(Data records Opens)

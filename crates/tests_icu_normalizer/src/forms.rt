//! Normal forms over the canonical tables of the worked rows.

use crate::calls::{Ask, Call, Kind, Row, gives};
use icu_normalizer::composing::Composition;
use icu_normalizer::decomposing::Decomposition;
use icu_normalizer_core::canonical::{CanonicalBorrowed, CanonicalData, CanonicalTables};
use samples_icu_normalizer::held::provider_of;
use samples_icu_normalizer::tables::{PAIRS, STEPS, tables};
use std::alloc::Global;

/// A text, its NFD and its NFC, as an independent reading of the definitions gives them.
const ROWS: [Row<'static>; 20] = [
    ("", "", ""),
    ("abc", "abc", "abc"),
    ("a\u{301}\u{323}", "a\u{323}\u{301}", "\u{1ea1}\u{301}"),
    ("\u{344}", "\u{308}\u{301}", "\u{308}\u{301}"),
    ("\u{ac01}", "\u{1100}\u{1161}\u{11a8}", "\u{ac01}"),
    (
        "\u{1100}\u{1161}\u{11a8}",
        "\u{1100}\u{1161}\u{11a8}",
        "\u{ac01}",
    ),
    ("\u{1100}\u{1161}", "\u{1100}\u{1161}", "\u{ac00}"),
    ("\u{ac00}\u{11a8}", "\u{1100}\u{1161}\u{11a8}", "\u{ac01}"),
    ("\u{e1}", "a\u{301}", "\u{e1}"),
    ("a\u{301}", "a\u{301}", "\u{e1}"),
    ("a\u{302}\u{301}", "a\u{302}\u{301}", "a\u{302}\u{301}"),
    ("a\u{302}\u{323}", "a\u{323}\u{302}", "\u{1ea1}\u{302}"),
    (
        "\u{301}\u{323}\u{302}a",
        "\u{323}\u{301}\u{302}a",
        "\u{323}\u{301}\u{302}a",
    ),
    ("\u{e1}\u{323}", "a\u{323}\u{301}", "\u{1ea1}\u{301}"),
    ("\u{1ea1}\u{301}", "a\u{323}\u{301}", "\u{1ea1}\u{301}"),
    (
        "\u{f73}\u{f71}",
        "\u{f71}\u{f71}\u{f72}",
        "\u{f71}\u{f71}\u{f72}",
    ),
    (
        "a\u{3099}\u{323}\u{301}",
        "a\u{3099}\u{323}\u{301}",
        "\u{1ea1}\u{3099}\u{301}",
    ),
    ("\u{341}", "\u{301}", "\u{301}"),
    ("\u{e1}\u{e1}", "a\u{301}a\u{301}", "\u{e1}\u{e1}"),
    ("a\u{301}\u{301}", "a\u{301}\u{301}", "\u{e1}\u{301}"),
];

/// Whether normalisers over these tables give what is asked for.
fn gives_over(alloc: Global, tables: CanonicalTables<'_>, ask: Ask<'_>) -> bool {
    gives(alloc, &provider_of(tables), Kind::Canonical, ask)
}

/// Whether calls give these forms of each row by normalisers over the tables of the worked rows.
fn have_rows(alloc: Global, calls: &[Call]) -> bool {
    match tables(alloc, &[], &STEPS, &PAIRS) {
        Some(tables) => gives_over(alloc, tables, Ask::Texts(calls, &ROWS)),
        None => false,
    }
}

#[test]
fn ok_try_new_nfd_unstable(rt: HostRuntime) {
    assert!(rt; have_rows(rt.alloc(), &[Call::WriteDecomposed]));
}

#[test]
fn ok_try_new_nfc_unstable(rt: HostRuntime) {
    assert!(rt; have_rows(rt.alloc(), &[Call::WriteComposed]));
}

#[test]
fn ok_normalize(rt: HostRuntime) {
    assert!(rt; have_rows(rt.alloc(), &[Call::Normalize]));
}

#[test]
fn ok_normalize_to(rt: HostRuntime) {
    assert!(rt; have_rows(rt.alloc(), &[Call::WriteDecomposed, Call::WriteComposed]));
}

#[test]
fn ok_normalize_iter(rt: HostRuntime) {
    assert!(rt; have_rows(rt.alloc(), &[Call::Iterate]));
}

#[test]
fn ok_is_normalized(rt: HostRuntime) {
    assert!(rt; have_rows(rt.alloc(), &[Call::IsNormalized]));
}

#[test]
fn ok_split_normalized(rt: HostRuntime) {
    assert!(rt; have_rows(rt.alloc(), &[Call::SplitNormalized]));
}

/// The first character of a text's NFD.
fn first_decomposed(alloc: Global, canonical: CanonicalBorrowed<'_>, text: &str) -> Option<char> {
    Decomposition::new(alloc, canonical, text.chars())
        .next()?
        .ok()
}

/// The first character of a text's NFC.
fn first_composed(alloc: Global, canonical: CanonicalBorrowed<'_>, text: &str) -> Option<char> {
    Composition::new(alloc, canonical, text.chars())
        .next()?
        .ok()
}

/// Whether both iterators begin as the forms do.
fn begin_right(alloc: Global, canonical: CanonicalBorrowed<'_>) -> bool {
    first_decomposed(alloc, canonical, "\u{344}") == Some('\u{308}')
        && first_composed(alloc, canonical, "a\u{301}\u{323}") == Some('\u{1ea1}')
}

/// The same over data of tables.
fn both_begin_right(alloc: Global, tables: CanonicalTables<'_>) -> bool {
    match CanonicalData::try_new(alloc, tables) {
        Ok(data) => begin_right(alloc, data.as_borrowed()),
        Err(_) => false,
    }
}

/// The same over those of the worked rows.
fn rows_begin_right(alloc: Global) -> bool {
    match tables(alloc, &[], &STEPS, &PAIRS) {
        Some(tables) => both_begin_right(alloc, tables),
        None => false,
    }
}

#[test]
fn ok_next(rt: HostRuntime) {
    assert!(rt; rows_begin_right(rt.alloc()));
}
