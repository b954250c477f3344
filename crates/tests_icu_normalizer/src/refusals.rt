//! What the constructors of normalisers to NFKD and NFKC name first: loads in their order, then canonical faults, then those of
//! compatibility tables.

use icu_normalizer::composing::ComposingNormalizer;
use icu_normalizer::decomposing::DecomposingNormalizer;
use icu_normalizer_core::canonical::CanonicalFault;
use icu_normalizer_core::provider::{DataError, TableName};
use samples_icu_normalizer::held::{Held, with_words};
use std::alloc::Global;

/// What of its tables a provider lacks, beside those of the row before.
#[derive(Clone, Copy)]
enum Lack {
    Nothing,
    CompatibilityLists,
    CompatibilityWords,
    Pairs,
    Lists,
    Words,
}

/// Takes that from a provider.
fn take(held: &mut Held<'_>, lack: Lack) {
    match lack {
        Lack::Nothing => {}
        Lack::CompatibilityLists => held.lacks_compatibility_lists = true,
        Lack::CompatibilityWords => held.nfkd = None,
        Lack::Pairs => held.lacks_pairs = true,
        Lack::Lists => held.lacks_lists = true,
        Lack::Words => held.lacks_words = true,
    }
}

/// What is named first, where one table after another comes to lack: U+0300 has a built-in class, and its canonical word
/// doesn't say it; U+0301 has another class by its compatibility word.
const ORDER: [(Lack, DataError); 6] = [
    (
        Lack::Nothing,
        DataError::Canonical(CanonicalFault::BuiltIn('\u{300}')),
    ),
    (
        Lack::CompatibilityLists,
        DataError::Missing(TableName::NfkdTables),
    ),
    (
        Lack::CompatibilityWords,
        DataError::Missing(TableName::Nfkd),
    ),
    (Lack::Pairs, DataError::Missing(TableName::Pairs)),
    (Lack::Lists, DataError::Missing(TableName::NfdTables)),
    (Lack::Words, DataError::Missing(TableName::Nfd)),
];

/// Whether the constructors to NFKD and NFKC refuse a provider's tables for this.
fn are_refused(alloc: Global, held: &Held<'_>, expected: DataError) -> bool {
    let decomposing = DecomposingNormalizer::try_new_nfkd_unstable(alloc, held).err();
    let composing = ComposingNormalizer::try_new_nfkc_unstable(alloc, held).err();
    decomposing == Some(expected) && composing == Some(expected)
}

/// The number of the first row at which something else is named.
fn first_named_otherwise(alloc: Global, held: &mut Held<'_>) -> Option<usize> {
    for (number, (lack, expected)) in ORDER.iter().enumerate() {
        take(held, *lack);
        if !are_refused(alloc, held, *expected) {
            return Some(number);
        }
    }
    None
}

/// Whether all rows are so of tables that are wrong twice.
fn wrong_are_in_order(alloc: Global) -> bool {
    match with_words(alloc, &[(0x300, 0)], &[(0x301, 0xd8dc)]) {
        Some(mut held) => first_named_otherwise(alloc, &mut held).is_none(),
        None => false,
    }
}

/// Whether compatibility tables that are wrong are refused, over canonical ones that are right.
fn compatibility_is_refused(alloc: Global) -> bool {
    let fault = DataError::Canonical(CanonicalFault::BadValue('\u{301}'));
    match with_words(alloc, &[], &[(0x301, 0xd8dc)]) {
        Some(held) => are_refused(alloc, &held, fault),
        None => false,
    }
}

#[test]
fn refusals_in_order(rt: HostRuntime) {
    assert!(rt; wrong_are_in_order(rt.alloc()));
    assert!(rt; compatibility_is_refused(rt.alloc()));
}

(Data records Closes)

Exercise:
Note every line in the material with "assert" and copy it.

Written answer:
    assert!(rt; have_rows(rt.alloc(), &[Call::WriteDecomposed]));
    assert!(rt; have_rows(rt.alloc(), &[Call::WriteComposed]));
    assert!(rt; have_rows(rt.alloc(), &[Call::Normalize]));
    assert!(rt; have_rows(rt.alloc(), &[Call::WriteDecomposed, Call::WriteComposed]));
    assert!(rt; have_rows(rt.alloc(), &[Call::Iterate]));
    assert!(rt; have_rows(rt.alloc(), &[Call::IsNormalized]));
    assert!(rt; have_rows(rt.alloc(), &[Call::SplitNormalized]));
    assert!(rt; rows_begin_right(rt.alloc()));
    assert!(rt; wrong_are_in_order(rt.alloc()));
    assert!(rt; compatibility_is_refused(rt.alloc()));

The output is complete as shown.